((

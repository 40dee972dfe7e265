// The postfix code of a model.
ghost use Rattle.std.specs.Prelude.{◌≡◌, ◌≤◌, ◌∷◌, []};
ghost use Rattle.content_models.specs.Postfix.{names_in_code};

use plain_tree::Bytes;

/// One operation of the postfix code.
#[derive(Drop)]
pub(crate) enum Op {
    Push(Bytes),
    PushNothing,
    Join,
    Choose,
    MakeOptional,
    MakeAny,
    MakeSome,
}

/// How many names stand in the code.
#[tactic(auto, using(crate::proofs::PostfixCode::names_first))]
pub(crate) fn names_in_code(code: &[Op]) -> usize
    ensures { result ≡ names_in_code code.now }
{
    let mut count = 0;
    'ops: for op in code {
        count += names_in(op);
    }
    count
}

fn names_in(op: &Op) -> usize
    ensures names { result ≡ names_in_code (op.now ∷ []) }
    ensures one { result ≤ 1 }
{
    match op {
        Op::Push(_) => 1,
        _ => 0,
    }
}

))
((

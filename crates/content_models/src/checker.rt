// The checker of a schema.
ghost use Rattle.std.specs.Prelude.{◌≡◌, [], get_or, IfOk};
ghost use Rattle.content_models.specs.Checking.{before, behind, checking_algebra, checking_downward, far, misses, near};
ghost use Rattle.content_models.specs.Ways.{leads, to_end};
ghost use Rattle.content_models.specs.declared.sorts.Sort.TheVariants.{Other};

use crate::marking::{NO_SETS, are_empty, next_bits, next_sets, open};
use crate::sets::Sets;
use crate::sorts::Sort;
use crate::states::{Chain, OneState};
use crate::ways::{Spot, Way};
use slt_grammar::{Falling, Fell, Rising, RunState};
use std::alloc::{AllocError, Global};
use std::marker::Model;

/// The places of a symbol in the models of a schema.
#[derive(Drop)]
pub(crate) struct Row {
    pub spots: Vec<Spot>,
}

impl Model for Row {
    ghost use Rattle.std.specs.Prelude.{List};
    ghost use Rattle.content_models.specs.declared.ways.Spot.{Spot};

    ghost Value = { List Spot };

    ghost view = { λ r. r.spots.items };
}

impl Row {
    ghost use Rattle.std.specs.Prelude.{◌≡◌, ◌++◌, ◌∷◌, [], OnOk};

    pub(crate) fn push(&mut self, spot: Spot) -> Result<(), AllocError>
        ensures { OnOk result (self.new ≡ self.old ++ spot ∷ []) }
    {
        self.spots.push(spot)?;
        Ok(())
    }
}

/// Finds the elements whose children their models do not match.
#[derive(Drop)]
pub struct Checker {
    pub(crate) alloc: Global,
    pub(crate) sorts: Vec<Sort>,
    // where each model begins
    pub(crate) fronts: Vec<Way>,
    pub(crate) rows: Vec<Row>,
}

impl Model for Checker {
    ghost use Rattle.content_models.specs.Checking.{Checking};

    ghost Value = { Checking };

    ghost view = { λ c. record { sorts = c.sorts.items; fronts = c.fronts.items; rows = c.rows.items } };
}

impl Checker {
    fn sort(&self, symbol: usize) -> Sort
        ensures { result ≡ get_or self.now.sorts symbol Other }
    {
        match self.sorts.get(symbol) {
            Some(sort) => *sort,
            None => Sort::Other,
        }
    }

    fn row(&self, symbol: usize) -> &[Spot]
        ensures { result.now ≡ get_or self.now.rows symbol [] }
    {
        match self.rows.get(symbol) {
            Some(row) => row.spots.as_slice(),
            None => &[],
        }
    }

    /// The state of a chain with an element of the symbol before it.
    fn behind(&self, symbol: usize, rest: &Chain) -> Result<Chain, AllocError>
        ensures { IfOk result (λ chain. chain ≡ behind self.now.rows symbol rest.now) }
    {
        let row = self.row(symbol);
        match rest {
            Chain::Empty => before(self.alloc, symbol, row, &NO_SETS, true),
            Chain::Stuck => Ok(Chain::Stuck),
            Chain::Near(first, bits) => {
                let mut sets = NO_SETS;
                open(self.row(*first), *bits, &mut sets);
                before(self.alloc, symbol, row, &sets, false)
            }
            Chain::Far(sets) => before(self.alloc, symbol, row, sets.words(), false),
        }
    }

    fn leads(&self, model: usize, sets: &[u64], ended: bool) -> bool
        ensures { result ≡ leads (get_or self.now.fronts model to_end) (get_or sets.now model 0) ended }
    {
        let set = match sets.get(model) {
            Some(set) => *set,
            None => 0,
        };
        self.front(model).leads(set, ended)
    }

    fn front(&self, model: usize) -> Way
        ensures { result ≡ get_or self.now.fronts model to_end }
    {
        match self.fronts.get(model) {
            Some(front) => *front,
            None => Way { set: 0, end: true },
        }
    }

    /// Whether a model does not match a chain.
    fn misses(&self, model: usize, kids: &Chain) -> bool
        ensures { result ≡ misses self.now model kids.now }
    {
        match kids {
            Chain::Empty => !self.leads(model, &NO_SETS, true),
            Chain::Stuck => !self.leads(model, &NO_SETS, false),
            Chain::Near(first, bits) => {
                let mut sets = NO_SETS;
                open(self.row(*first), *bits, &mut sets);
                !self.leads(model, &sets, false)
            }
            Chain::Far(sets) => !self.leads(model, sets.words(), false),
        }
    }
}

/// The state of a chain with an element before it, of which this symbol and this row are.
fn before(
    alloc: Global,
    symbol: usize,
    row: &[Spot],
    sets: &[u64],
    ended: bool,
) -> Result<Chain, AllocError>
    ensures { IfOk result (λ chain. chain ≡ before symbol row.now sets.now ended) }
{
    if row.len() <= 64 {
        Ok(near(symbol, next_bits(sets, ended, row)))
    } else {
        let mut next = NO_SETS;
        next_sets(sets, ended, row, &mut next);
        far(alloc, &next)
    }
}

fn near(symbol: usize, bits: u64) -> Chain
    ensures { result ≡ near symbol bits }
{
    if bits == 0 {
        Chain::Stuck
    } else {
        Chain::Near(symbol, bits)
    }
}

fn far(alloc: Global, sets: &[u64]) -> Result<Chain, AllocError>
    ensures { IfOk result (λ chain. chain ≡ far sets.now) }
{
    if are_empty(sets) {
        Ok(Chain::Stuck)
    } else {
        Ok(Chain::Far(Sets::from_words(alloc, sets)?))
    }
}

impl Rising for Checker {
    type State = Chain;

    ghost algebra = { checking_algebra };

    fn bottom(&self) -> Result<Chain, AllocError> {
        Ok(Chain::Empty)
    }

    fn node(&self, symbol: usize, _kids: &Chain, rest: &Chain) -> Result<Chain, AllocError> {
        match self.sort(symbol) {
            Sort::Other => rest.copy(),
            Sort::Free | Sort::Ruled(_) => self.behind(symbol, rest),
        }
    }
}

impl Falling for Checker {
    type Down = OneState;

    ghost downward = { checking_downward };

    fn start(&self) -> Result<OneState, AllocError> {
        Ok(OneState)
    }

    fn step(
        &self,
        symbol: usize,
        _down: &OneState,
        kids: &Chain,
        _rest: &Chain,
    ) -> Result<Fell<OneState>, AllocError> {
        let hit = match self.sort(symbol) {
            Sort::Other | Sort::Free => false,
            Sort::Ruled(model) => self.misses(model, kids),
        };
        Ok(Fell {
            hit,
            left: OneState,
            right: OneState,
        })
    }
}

))
((

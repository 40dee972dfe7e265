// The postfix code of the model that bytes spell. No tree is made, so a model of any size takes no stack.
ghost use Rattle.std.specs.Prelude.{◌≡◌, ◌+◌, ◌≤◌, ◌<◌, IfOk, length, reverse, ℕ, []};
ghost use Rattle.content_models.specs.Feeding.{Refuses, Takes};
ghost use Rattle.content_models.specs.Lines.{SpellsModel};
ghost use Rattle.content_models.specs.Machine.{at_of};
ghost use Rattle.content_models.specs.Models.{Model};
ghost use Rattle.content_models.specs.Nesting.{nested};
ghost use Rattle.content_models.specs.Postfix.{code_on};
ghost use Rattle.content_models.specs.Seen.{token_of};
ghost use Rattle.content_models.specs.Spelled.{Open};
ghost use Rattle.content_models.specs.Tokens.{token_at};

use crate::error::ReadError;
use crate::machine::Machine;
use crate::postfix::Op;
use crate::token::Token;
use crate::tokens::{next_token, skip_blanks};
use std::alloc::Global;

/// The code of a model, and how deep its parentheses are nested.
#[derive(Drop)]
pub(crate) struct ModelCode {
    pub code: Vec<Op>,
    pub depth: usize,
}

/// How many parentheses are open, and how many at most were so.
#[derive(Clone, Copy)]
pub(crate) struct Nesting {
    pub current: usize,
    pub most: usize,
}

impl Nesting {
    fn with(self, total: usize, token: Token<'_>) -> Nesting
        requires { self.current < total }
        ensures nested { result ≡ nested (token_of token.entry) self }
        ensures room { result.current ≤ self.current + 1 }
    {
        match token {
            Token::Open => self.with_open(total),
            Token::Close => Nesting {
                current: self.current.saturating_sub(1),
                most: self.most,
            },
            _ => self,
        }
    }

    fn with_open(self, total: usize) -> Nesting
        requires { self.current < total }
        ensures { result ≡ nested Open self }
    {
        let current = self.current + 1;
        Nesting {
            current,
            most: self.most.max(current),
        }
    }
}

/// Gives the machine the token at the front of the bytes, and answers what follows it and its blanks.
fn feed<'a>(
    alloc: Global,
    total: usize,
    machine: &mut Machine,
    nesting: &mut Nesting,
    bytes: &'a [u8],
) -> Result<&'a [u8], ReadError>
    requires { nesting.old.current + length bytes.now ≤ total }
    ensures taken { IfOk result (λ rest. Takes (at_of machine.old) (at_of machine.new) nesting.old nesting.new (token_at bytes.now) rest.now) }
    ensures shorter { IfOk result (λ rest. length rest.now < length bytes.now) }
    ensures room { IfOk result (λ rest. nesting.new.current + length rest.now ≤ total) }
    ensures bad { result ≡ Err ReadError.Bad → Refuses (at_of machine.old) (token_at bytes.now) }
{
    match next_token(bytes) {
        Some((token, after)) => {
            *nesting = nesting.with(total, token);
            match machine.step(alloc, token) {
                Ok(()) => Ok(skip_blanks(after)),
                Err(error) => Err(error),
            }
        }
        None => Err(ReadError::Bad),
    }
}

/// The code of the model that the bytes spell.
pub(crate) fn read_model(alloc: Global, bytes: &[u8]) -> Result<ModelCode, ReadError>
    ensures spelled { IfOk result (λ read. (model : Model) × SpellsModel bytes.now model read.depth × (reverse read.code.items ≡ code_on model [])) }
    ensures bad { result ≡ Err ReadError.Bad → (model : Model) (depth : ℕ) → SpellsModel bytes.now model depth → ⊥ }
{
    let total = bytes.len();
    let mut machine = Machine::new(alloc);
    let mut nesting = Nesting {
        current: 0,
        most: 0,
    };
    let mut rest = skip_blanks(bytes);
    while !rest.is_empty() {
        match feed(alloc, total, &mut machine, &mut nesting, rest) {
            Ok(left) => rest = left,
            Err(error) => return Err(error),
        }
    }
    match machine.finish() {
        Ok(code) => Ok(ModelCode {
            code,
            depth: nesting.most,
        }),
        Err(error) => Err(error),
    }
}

))

The task: Count how many lines in the data above include the string "Other", and write only that number.

Expected answer: 5